**Data for this task:**
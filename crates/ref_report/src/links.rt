//! The lines of links.
ghost use Rattle.std.specs.Prelude.{◌≡◌, ◌++◌, OnOk, flat_map};
ghost use Rattle.asm_source.specs.Appends.{Appends};
ghost use Rattle.ref_report.specs.Texts as spec;

use crate::linked::LinkedModels;
use asm_sign::Signature;
use asm_source::{Text, append_str};
use asm_text::function_name;
use ref_link::Link;
use std::alloc::{AllocError, Global};

/// Appends a line for each link in order, or that there is none.
#[tactic(auto, using(asm_source::proofs::Appending::appends_whole))]
pub fn print_links(
    alloc: Global,
    linked: &LinkedModels<'_>,
    out: &mut Text,
) -> Result<(), AllocError>
    ensures { Appends out.old out.new (spec.links_text (spec.linking linked.now)) result }
{
    let mut text = Text::new(alloc);
    append_links(linked, &mut text)?;
    out.extend(text.slice())
}

/// Appends the same to a text of the caller's own.
pub fn append_links(linked: &LinkedModels<'_>, text: &mut Text) -> Result<(), AllocError>
    ensures { OnOk result (text.new ≡ text.old ++ spec.links_text (spec.linking linked.now)) }
{
    let a = linked.abstract_model.signature();
    let c = linked.concrete_model.signature();
    if linked.links.is_empty() {
        return append_str(text, "no links\n");
    }
    append_all(a, c, linked.links, text)
}

/// Appends a line for each link in order.
fn append_all(
    a: &Signature,
    c: &Signature,
    links: &[Link],
    text: &mut Text,
) -> Result<(), AllocError>
    ensures { OnOk result (text.new ≡ text.old ++ flat_map (spec.link_line a.now c.now) links.now) }
{
    'links: for link in links {
        append_link(a, c, *link, text)?;
    }
    Ok(())
}

/// Appends the line of a link.
fn append_link(a: &Signature, c: &Signature, link: Link, text: &mut Text) -> Result<(), AllocError>
    ensures { OnOk result (text.new ≡ text.old ++ spec.link_line a.now c.now link) }
{
    append_str(text, "link ")?;
    append_str(text, function_name(a, link.abstract_function))?;
    append_str(text, " = ")?;
    append_str(text, function_name(c, link.concrete_function))?;
    append_str(text, "\n")
}
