//! Two models and their links.

use asm_node::Model;
use ref_link::Link;

/// An abstract and a concrete model, and the links of their functions.
#[derive(Clone, Copy)]
pub struct LinkedModels<'m> {
    pub abstract_model: &'m Model,
    pub concrete_model: &'m Model,
    pub links: &'m [Link],
}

**Task to carry out:** Nothing but a number should be given: the number of lines in the records that contain the word "Rattle".

**Exercise answer:** 3